Text Extraction Guide¶
Extract formatted text content (Markdown/HTML) from document images using vision-language models. This guide covers when to use text extraction, available models, output formats, and practical examples.
Table of Contents¶
- Quick Comparison: Text Extraction vs OCR vs Layout
- Available Models
- Basic Usage
- Output Formats
- Advanced Features
- Performance Optimization
- Troubleshooting
Quick Comparison¶
| Feature | Text Extraction | OCR | Layout Detection |
|---|---|---|---|
| Output | Formatted text (MD/HTML) | Text + bounding boxes | Element bounding boxes |
| Use Case | Document parsing, markdown export | Word/character localization | Document structure analysis |
| Models | Qwen3-VL, DotsOCR, Nanonets | Tesseract, EasyOCR, PaddleOCR | DocLayoutYOLO, Qwen-Layout |
| Latency | ~2-5 sec per page | ~1-2 sec per page | ~0.5-1 sec per page |
| Output Type | Single string | List of text blocks | List of bounding boxes |
| Layout Info | Optional (DotsOCR only) | No | Yes (with labels) |
Choose Text Extraction when: - Converting documents to Markdown/HTML - Extracting complete page content as formatted text - Working with complex documents (multi-column, figures, tables) - You need readable output for downstream processing
Choose OCR when: - You need precise character/word locations - Building re-OCR pipelines (e.g., for correction) - Requiring character-level accuracy metrics
Choose Layout Detection when: - You need document structure without text content - Building advanced pipelines (layout + text) - Analyzing document semantics
Available Models¶
1. Qwen3-VL (Recommended for most cases)¶
High-quality general-purpose vision-language model.

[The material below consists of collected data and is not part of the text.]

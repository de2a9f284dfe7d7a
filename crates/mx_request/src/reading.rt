//! What a line is read as.

ghost use Rattle.std.specs.Prelude.{◌≡◌, None, IfOk};
ghost use Rattle.std.specs.Option.{option_map};
ghost use Rattle.mx_name.specs.Cuts.{cut_at};
ghost use Rattle.mx_sdw.specs.Octal.{octal_number};
ghost use Rattle.mx_request.specs.Reading.{create_dir_at, create_seg_at, create_object_at, create_link_at, rename_at, delete_at, set_acl_at, del_acl_at, set_iacl_at, del_iacl_at, set_brackets_at, set_dir_brackets_at, set_class_at, status_at, list_at, change_wdir_at, set_rules_at, initiate_by, initiate_at, terminate_at, wakeup_at, link_at, fields_at, bare_at, request_at};

mod decimals;
mod fields;
mod kinds;
mod objects;
mod rules;
mod words;

use crate::maps::BoxedMap;
use crate::requests::Request;
pub use decimals::read_decimal;
use fields::{cut_brackets, read_brackets, read_id, read_name, read_path, read_ring};
use kinds::Kind;
use mx_acl::{AclKind, Modes};
use mx_aim::Class;
use mx_list::Sequence;
use mx_name::{cut, near_cut};
use mx_sdw::{Word, read_octal_number};
use mx_search::Rules;
use objects::read_object;
use rules::read_rules;
use std::alloc::{AllocError, Global};
pub use words::read_word_number;

#[tactic(auto, unfolding(crate::specs::Reading::request_at))]
pub(crate) fn read_line(alloc: Global, line: &[u8]) -> Result<Option<Request>, AllocError>
    ensures { IfOk result (λ request. request ≡ request_at line.now) }
{
    if let Some(request) = read_bare(line) {
        return Ok(Some(request));
    }
    let Some((word, fields)) = cut_word(line) else {
        return Ok(None);
    };
    let Some(kind) = Kind::read(word) else {
        return Ok(None);
    };
    read_fields(alloc, kind, fields)
}

/// The first word of a line, and what stands behind the blank. A call of its own, since within `read_line` its loop
/// gets slow code.
#[inline(never)]
fn cut_word(line: &[u8]) -> Option<(&[u8], &[u8])>
    ensures { option_map (λ p. (p.0.now, p.1.now)) result ≡ cut_at 32 line.now }
{
    near_cut(b' ', line)
}

/// A line that is one word.
fn read_bare(line: &[u8]) -> Option<Request>
    ensures { result ≡ bare_at line.now }
{
    if line == b"block".as_slice() {
        Some(Request::Block)
    } else if line == b"resume".as_slice() {
        Some(Request::Resume)
    } else if line == b"logout".as_slice() {
        Some(Request::Logout)
    } else {
        None
    }
}

/// What follows the word of a line of this kind.
#[inline(always)]
fn read_fields(alloc: Global, kind: Kind, fields: &[u8]) -> Result<Option<Request>, AllocError>
    ensures { IfOk result (λ request. request ≡ fields_at kind fields.now) }
{
    match kind {
        Kind::CreateDir => read_create_dir(alloc, fields),
        Kind::CreateSeg => read_create_seg(alloc, fields),
        Kind::CreateObject => read_create_object(alloc, fields),
        Kind::CreateLink => read_create_link(alloc, fields),
        Kind::Rename => read_rename(alloc, fields),
        Kind::Delete => read_delete(alloc, fields),
        Kind::SetAcl => read_set_acl(alloc, fields),
        Kind::DelAcl => read_del_acl(alloc, fields),
        Kind::SetIaclSeg => read_set_iacl(alloc, AclKind::Segment, fields),
        Kind::SetIaclDir => read_set_iacl(alloc, AclKind::Directory, fields),
        Kind::DelIaclSeg => read_del_iacl(alloc, AclKind::Segment, fields),
        Kind::DelIaclDir => read_del_iacl(alloc, AclKind::Directory, fields),
        Kind::SetBrackets => read_set_brackets(alloc, fields),
        Kind::SetDirBrackets => read_set_dir_brackets(alloc, fields),
        Kind::SetClass => read_set_class(alloc, fields),
        Kind::Status => read_status(alloc, fields),
        Kind::List => read_list(alloc, fields),
        Kind::ChangeWdir => read_change_wdir(alloc, fields),
        Kind::SetRules => read_set_rules(alloc, fields),
        Kind::Initiate => read_initiate(alloc, fields),
        Kind::Terminate => Ok(read_terminate(fields)),
        Kind::Wakeup => Ok(read_wakeup(fields)),
        Kind::Link => Ok(read_link(fields)),
    }
}

/// `PATH D1 D2`
fn read_create_dir(alloc: Global, fields: &[u8]) -> Result<Option<Request>, AllocError>
    ensures { IfOk result (λ request. request ≡ create_dir_at fields.now) }
{
    let Some((path, rings)) = cut(b' ', fields) else {
        return Ok(None);
    };
    let Some((d1, d2)) = cut(b' ', rings) else {
        return Ok(None);
    };
    let Some(d1) = read_ring(d1) else {
        return Ok(None);
    };
    let Some(d2) = read_ring(d2) else {
        return Ok(None);
    };
    let Some(path) = read_path(alloc, path)? else {
        return Ok(None);
    };
    Ok(Some(Request::CreateDir { path, d1, d2 }))
}

/// `PATH WORDS R1 R2 R3`
fn read_create_seg(alloc: Global, fields: &[u8]) -> Result<Option<Request>, AllocError>
    ensures { IfOk result (λ request. request ≡ create_seg_at fields.now) }
{
    let Some((path, rest)) = cut(b' ', fields) else {
        return Ok(None);
    };
    let Some((words, brackets)) = cut(b' ', rest) else {
        return Ok(None);
    };
    let Some(words) = read_decimal(words, 5) else {
        return Ok(None);
    };
    let Some(brackets) = read_brackets(brackets) else {
        return Ok(None);
    };
    let Some(path) = read_path(alloc, path)? else {
        return Ok(None);
    };
    Ok(Some(Request::CreateSeg {
        path,
        words,
        brackets,
    }))
}

/// `PATH WORDS R1 R2 R3 GATE d:SYMBOL:W ... l:NAME$SYMBOL ...`
fn read_create_object(alloc: Global, fields: &[u8]) -> Result<Option<Request>, AllocError>
    ensures { IfOk result (λ request. request ≡ create_object_at fields.now) }
{
    let Some((path, rest)) = cut(b' ', fields) else {
        return Ok(None);
    };
    let Some((words, rest)) = cut(b' ', rest) else {
        return Ok(None);
    };
    let Some(words) = read_decimal(words, 5) else {
        return Ok(None);
    };
    let Some(rings) = cut_brackets(rest) else {
        return Ok(None);
    };
    let Some(map) = read_object(alloc, rings.1)? else {
        return Ok(None);
    };
    let Some(path) = read_path(alloc, path)? else {
        return Ok(None);
    };
    let map = BoxedMap::new(alloc, map)?;
    let brackets = rings.0;
    Ok(Some(Request::CreateObject {
        path,
        words,
        brackets,
        map,
    }))
}

/// `PATH TARGET`
fn read_create_link(alloc: Global, fields: &[u8]) -> Result<Option<Request>, AllocError>
    ensures { IfOk result (λ request. request ≡ create_link_at fields.now) }
{
    let Some((path, target)) = cut(b' ', fields) else {
        return Ok(None);
    };
    let Some(path) = read_path(alloc, path)? else {
        return Ok(None);
    };
    let Some(target) = read_path(alloc, target)? else {
        return Ok(None);
    };
    Ok(Some(Request::CreateLink { path, target }))
}

/// `PATH NAME`
fn read_rename(alloc: Global, fields: &[u8]) -> Result<Option<Request>, AllocError>
    ensures { IfOk result (λ request. request ≡ rename_at fields.now) }
{
    let Some((path, name)) = cut(b' ', fields) else {
        return Ok(None);
    };
    let Some(name) = read_name(name) else {
        return Ok(None);
    };
    let Some(path) = read_path(alloc, path)? else {
        return Ok(None);
    };
    Ok(Some(Request::Rename { path, name }))
}

fn read_delete(alloc: Global, path: &[u8]) -> Result<Option<Request>, AllocError>
    ensures { IfOk result (λ request. request ≡ delete_at path.now) }
{
    let Some(path) = read_path(alloc, path)? else {
        return Ok(None);
    };
    Ok(Some(Request::Delete { path }))
}

/// `PATH ID MODES`
fn read_set_acl(alloc: Global, fields: &[u8]) -> Result<Option<Request>, AllocError>
    ensures { IfOk result (λ request. request ≡ set_acl_at fields.now) }
{
    let Some((path, rest)) = cut(b' ', fields) else {
        return Ok(None);
    };
    let Some((id, modes)) = cut(b' ', rest) else {
        return Ok(None);
    };
    let Some(modes) = Modes::read(modes) else {
        return Ok(None);
    };
    let Some(id) = read_id(id) else {
        return Ok(None);
    };
    let Some(path) = read_path(alloc, path)? else {
        return Ok(None);
    };
    Ok(Some(Request::SetAcl { path, id, modes }))
}

/// `PATH ID`
fn read_del_acl(alloc: Global, fields: &[u8]) -> Result<Option<Request>, AllocError>
    ensures { IfOk result (λ request. request ≡ del_acl_at fields.now) }
{
    let Some((path, id)) = cut(b' ', fields) else {
        return Ok(None);
    };
    let Some(id) = read_id(id) else {
        return Ok(None);
    };
    let Some(path) = read_path(alloc, path)? else {
        return Ok(None);
    };
    Ok(Some(Request::DelAcl { path, id }))
}

/// `PATH ID MODES`
fn read_set_iacl(alloc: Global, kind: AclKind, fields: &[u8]) -> Result<Option<Request>, AllocError>
    ensures { IfOk result (λ request. request ≡ set_iacl_at kind fields.now) }
{
    let Some((path, rest)) = cut(b' ', fields) else {
        return Ok(None);
    };
    let Some((id, modes)) = cut(b' ', rest) else {
        return Ok(None);
    };
    let Some(modes) = Modes::read(modes) else {
        return Ok(None);
    };
    let Some(id) = read_id(id) else {
        return Ok(None);
    };
    let Some(path) = read_path(alloc, path)? else {
        return Ok(None);
    };
    Ok(Some(Request::SetIacl {
        path,
        kind,
        id,
        modes,
    }))
}

/// `PATH ID`
fn read_del_iacl(alloc: Global, kind: AclKind, fields: &[u8]) -> Result<Option<Request>, AllocError>
    ensures { IfOk result (λ request. request ≡ del_iacl_at kind fields.now) }
{
    let Some((path, id)) = cut(b' ', fields) else {
        return Ok(None);
    };
    let Some(id) = read_id(id) else {
        return Ok(None);
    };
    let Some(path) = read_path(alloc, path)? else {
        return Ok(None);
    };
    Ok(Some(Request::DelIacl { path, kind, id }))
}

/// `PATH R1 R2 R3`
fn read_set_brackets(alloc: Global, fields: &[u8]) -> Result<Option<Request>, AllocError>
    ensures { IfOk result (λ request. request ≡ set_brackets_at fields.now) }
{
    let Some((path, brackets)) = cut(b' ', fields) else {
        return Ok(None);
    };
    let Some(brackets) = read_brackets(brackets) else {
        return Ok(None);
    };
    let Some(path) = read_path(alloc, path)? else {
        return Ok(None);
    };
    Ok(Some(Request::SetBrackets { path, brackets }))
}

/// `PATH D1 D2`
fn read_set_dir_brackets(alloc: Global, fields: &[u8]) -> Result<Option<Request>, AllocError>
    ensures { IfOk result (λ request. request ≡ set_dir_brackets_at fields.now) }
{
    let Some((path, rings)) = cut(b' ', fields) else {
        return Ok(None);
    };
    let Some((d1, d2)) = cut(b' ', rings) else {
        return Ok(None);
    };
    let Some(d1) = read_ring(d1) else {
        return Ok(None);
    };
    let Some(d2) = read_ring(d2) else {
        return Ok(None);
    };
    let Some(path) = read_path(alloc, path)? else {
        return Ok(None);
    };
    Ok(Some(Request::SetDirBrackets { path, d1, d2 }))
}

/// `PATH CLASS`
fn read_set_class(alloc: Global, fields: &[u8]) -> Result<Option<Request>, AllocError>
    ensures { IfOk result (λ request. request ≡ set_class_at fields.now) }
{
    let Some((path, class)) = cut(b' ', fields) else {
        return Ok(None);
    };
    let Some(class) = Class::read(class) else {
        return Ok(None);
    };
    let Some(path) = read_path(alloc, path)? else {
        return Ok(None);
    };
    Ok(Some(Request::SetClass { path, class }))
}

fn read_status(alloc: Global, path: &[u8]) -> Result<Option<Request>, AllocError>
    ensures { IfOk result (λ request. request ≡ status_at path.now) }
{
    let Some(path) = read_path(alloc, path)? else {
        return Ok(None);
    };
    Ok(Some(Request::Status { path }))
}

fn read_list(alloc: Global, path: &[u8]) -> Result<Option<Request>, AllocError>
    ensures { IfOk result (λ request. request ≡ list_at path.now) }
{
    let Some(path) = read_path(alloc, path)? else {
        return Ok(None);
    };
    Ok(Some(Request::List { path }))
}

fn read_change_wdir(alloc: Global, path: &[u8]) -> Result<Option<Request>, AllocError>
    ensures { IfOk result (λ request. request ≡ change_wdir_at path.now) }
{
    let Some(path) = read_path(alloc, path)? else {
        return Ok(None);
    };
    Ok(Some(Request::ChangeWdir { path }))
}

/// `RULE ...`
fn read_set_rules(alloc: Global, fields: &[u8]) -> Result<Option<Request>, AllocError>
    ensures { IfOk result (λ request. request ≡ set_rules_at fields.now) }
{
    let Some(rules) = read_rules(alloc, fields)? else {
        return Ok(None);
    };
    match Rules::new(Sequence::of(rules)) {
        Some(rules) => Ok(Some(Request::SetRules { rules })),
        None => Ok(None),
    }
}

/// `PATH [NAME]`
fn read_initiate(alloc: Global, fields: &[u8]) -> Result<Option<Request>, AllocError>
    ensures { IfOk result (λ request. request ≡ initiate_at fields.now) }
{
    let Some((path, name)) = cut(b' ', fields) else {
        return read_unnamed(alloc, fields);
    };
    let Some(name) = read_name(name) else {
        return Ok(None);
    };
    let Some(path) = read_path(alloc, path)? else {
        return Ok(None);
    };
    Ok(Some(Request::Initiate {
        path,
        name: Some(name),
    }))
}

/// `PATH` alone
fn read_unnamed(alloc: Global, path: &[u8]) -> Result<Option<Request>, AllocError>
    ensures { IfOk result (λ request. request ≡ initiate_by path.now None) }
{
    let Some(path) = read_path(alloc, path)? else {
        return Ok(None);
    };
    Ok(Some(Request::Initiate { path, name: None }))
}

/// `S`
fn read_terminate(segno: &[u8]) -> Option<Request>
    ensures { result ≡ terminate_at segno.now }
{
    let segno = read_octal_number(segno, 4)?;
    Some(Request::Terminate {
        segno: segno as u16,
    })
}

/// `P WORD`
fn read_wakeup(fields: &[u8]) -> Option<Request>
    ensures { result ≡ wakeup_at fields.now }
{
    let (to, word) = cut(b' ', fields)?;
    let to = read_decimal(to, 2)?;
    let word = read_word(word)?;
    if (1..=99).contains(&to) {
        Some(Request::Wakeup { to: to as u8, word })
    } else {
        None
    }
}

/// A word of 36 bits, which is one of at most twelve octal digits.
fn read_word(text: &[u8]) -> Option<Word>
    ensures { result ≡ octal_number 12 text.now }
{
    Word::new(read_octal_number(text, 12)?)
}

/// `S|W`
fn read_link(fields: &[u8]) -> Option<Request>
    ensures { result ≡ link_at fields.now }
{
    let (segno, word) = cut(b'|', fields)?;
    let segno = read_octal_number(segno, 4)?;
    let word = read_word_number(word)?;
    Some(Request::Link {
        segno: segno as u16,
        word,
    })
}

Strengths: - Best output quality across diverse documents - Multi-backend support (PyTorch, VLLM, MLX, API) - Consistent Markdown/HTML output - Good at handling complex layouts
Backends: - PyTorch: Local GPU inference (single GPU) - VLLM: High-throughput serving (multiple GPUs) - MLX: Apple Silicon (local) - API: Hosted models (cloud)
Model Variants:
- Qwen/Qwen3-VL-8B-Instruct: Recommended (8B parameters)
- Qwen/Qwen3-VL-32B-Instruct: Higher quality (32B, slower, more VRAM)

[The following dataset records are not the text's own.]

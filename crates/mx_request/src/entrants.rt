//! Processes as a session brings them in.

use mx_aim::Class;
use mx_name::Principal;

/// A process as a session brings it in: whose it is, and its authorization.
#[derive(Clone, Copy)]
pub struct Entrant {
    /// The principal whose process it is.
    pub who: Principal,
    /// Its authorization (Multics Administrators' Manual), the lowest class in a session without classes.
    pub authorization: Class,
}
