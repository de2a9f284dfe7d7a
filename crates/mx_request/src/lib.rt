//! Requests and replies: what a process can ask of the supervisor, what it can be answered, and how both are written.
//!
//! A request is written as its line in a session's script, and so it stands in the journal. [`Request::read`] gives the
//! request that a line spells, and `append_to` the line; each is the other's inverse. A reply has one text.
//! [`Request::since_version`] says from which version on a session may ask a request. Stands on names, access lists,
//! classes, object maps, search rules, and the replies of the hierarchy and of known segment tables.
#![tactic(auto)]

mod classes;
mod entrants;
mod laws;
mod maps;
mod reading;
mod replies;
mod requests;
mod shared;
mod versions;
mod writing;

pub use classes::RequestClass;
pub use entrants::Entrant;
pub use laws::{
    each_reply_has_its_own_text, each_request_has_its_own_line, the_first_word_tells_who_asks,
};
pub use maps::BoxedMap;
pub use mx_kst::Known;
pub use reading::{read_decimal, read_word_number};
pub use replies::Reply;
pub use requests::Request;
pub use shared::{Requests, SharedRequest};
pub use versions::{has_classes, last_number, most_gates};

2. DotsOCR (Best for technical documents)¶
Optimized for complex technical documents with precise layout preservation.
Strengths: - Layout-aware extraction with bounding boxes - Specialized formatting for tables (HTML) and formulas (LaTeX) - Reading order preservation - 11-category layout detection
Weaknesses: - Slower than Qwen (requires layout analysis) - Higher VRAM requirements
Backends: - PyTorch: Local GPU inference - VLLM: High-throughput serving - API: Hosted models
Output Types: - Structured JSON with layout information - Markdown with coordinate annotations - HTML with bbox attributes
3. Nanonets (Coming soon)¶
Specialized for OCR-quality text extraction.
Basic Usage¶
Example 1: Simple Markdown Extraction¶
Extract a document page to Markdown using PyTorch backend.

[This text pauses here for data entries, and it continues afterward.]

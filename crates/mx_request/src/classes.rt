//! Who may make a request.

ghost use Rattle.std.specs.Prelude.{◌≡◌};
ghost use Rattle.mx_request.specs.Classes.{class_of};

use crate::requests::Request;

/// Who may make a request. A session's setup has requests on paths alone, a process's script those of the first two
/// classes, and the journal all three.
#[derive(Clone, Copy)]
pub enum RequestClass {
    /// On a path of the hierarchy: the setup makes it, and every process.
    OfPath,
    /// On the state of a process: the process alone makes it.
    OfProcess,
    /// Entered for a process on the way of another line; no line of a session asks for it.
    OfSupervisor,
}

impl Request {
    /// Who may make the request.
    pub fn class(&self) -> RequestClass
        ensures { result ≡ class_of self.now }
    {
        match self {
            Request::CreateDir { .. } => RequestClass::OfPath,
            Request::CreateSeg { .. } => RequestClass::OfPath,
            Request::CreateObject { .. } => RequestClass::OfPath,
            Request::CreateLink { .. } => RequestClass::OfPath,
            Request::Rename { .. } => RequestClass::OfPath,
            Request::Delete { .. } => RequestClass::OfPath,
            Request::SetAcl { .. } => RequestClass::OfPath,
            Request::DelAcl { .. } => RequestClass::OfPath,
            Request::SetIacl { .. } => RequestClass::OfPath,
            Request::DelIacl { .. } => RequestClass::OfPath,
            Request::SetBrackets { .. } => RequestClass::OfPath,
            Request::SetDirBrackets { .. } => RequestClass::OfPath,
            Request::SetClass { .. } => RequestClass::OfPath,
            Request::Status { .. } => RequestClass::OfPath,
            Request::List { .. } => RequestClass::OfPath,
            Request::ChangeWdir { .. } => RequestClass::OfProcess,
            Request::SetRules { .. } => RequestClass::OfProcess,
            Request::Initiate { .. } => RequestClass::OfProcess,
            Request::Terminate { .. } => RequestClass::OfProcess,
            Request::Wakeup { .. } => RequestClass::OfProcess,
            Request::Block => RequestClass::OfProcess,
            Request::Link { .. } => RequestClass::OfSupervisor,
            Request::Resume => RequestClass::OfSupervisor,
            Request::Logout => RequestClass::OfProcess,
        }
    }
}
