//! The texts of requests and replies, added to bytes.

mod fields;
mod objects;
mod replies;
mod requests;

pub(crate) use replies::push_reply;
pub(crate) use requests::push_request;
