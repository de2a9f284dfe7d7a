//! The colours of rings, and of what is written.

/// The colour of a ring: the inner ones are darker.
pub(crate) fn ring_colour(ring: u8) -> &'static str {
    match ring {
        0 => "fill=\"#08306b\"",
        1 => "fill=\"#08519c\"",
        2 => "fill=\"#2171b5\"",
        3 => "fill=\"#4292c6\"",
        4 => "fill=\"#9ecae1\"",
        5 => "fill=\"#c6dbef\"",
        6 => "fill=\"#deebf7\"",
        _ => "fill=\"#f2f7fc\" stroke=\"#c6dbef\"",
    }
}

/// The colour of what is written on a ring's colour.
pub(crate) fn ink_on(ring: u8) -> &'static str {
    match ring {
        0..=3 => "fill=\"#ffffff\"",
        _ => "fill=\"#08306b\"",
    }
}

/// The colour of what is written of something that was denied, refused or lost, where it was.
pub(crate) fn ink_of(bad: bool) -> &'static str {
    if bad {
        "fill=\"#b71c1c\""
    } else {
        "fill=\"#000000\""
    }
}
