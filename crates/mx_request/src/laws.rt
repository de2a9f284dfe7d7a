//! What follows from the definitions alone.

ghost use Rattle.std.specs.Prelude.{◌≡◌, ℕ, List, ◌∷◌, true};
ghost use Rattle.std.specs.List.{Contains};
ghost use Rattle.mx_name.specs.Names.{is_free};
ghost use Rattle.mx_request.specs.declared.replies.Reply.{Reply};
ghost use Rattle.mx_request.specs.declared.requests.Request.{Request};
ghost use Rattle.mx_request.specs.Classes.{class_of, words_of};
ghost use Rattle.mx_request.specs.ReplyTexts.{fits_reply, reply_text};
ghost use Rattle.mx_request.specs.RequestTexts.{request_fields, request_text, fits_request};

/// Two requests that have one line are the same, and no line has a newline or a `=` within.
#[tactic(auto, using(crate::proofs::ForeignLaws::newline_free, crate::proofs::ForeignLaws::equals_free))]
pub fn each_request_has_its_own_line()
    ensures own { (one other : Request) → fits_request one ≡ true → fits_request other ≡ true
        → request_text one ≡ request_text other → one ≡ other }
    ensures line { (request : Request) → fits_request request ≡ true → is_free 10 (request_text request) ≡ true }
    ensures apart { (request : Request) → fits_request request ≡ true → is_free 61 (request_text request) ≡ true }
{}

/// Two replies that have one text are the same, and no text of a reply has a newline within.
#[tactic(auto, using(crate::proofs::ReplyLaws::reply_newline_free))]
pub fn each_reply_has_its_own_text()
    ensures own { (one other : Reply) → fits_reply one ≡ true → fits_reply other ≡ true
        → reply_text one ≡ reply_text other → one ≡ other }
    ensures line { (reply : Reply) → fits_reply reply ≡ true → is_free 10 (reply_text reply) ≡ true }
{}

/// The first word of a request's line tells who may make it.
pub fn the_first_word_tells_who_asks()
    ensures { (request : Request) (word : List ℕ) (fields : List (List ℕ)) → request_fields request ≡ word ∷ fields
        → Contains (words_of (class_of request)) word }
{}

from omnidocs import Document
from omnidocs.tasks.text_extraction import QwenTextExtractor
from omnidocs.tasks.text_extraction.qwen import QwenTextPyTorchConfig
from PIL import Image
# Load a single image
image = Image.open("document_page.png")
# Initialize extractor with PyTorch backend
config = QwenTextPyTorchConfig(
model="Qwen/Qwen3-VL-8B-Instruct",
device="cuda", # or "cpu"
torch_dtype="auto", # Automatic dtype selection
)
extractor = QwenTextExtractor(backend=config)
# Extract text in Markdown format
result = extractor.extract(image, output_format="markdown")
# Access the extracted content
print(result.content) # Formatted Markdown text
print(result.word_count) # Number of words
print(f"Model: {result.model_name}")
Example 2: Extract with Layout Information¶
Use DotsOCR to get text plus layout annotations.
from omnidocs.tasks.text_extraction import DotsOCRTextExtractor
from omnidocs.tasks.text_extraction.dotsocr import DotsOCRPyTorchConfig
from PIL import Image
import json
image = Image.open("complex_document.png")
# Initialize DotsOCR with layout detection
config = DotsOCRPyTorchConfig(
device="cuda",
max_new_tokens=8192, # Higher for complex documents
)
extractor = DotsOCRTextExtractor(backend=config)
# Extract with layout information
result = extractor.extract(image, include_layout=True)
# Access layout elements
print(f"Found {result.num_layout_elements} layout elements")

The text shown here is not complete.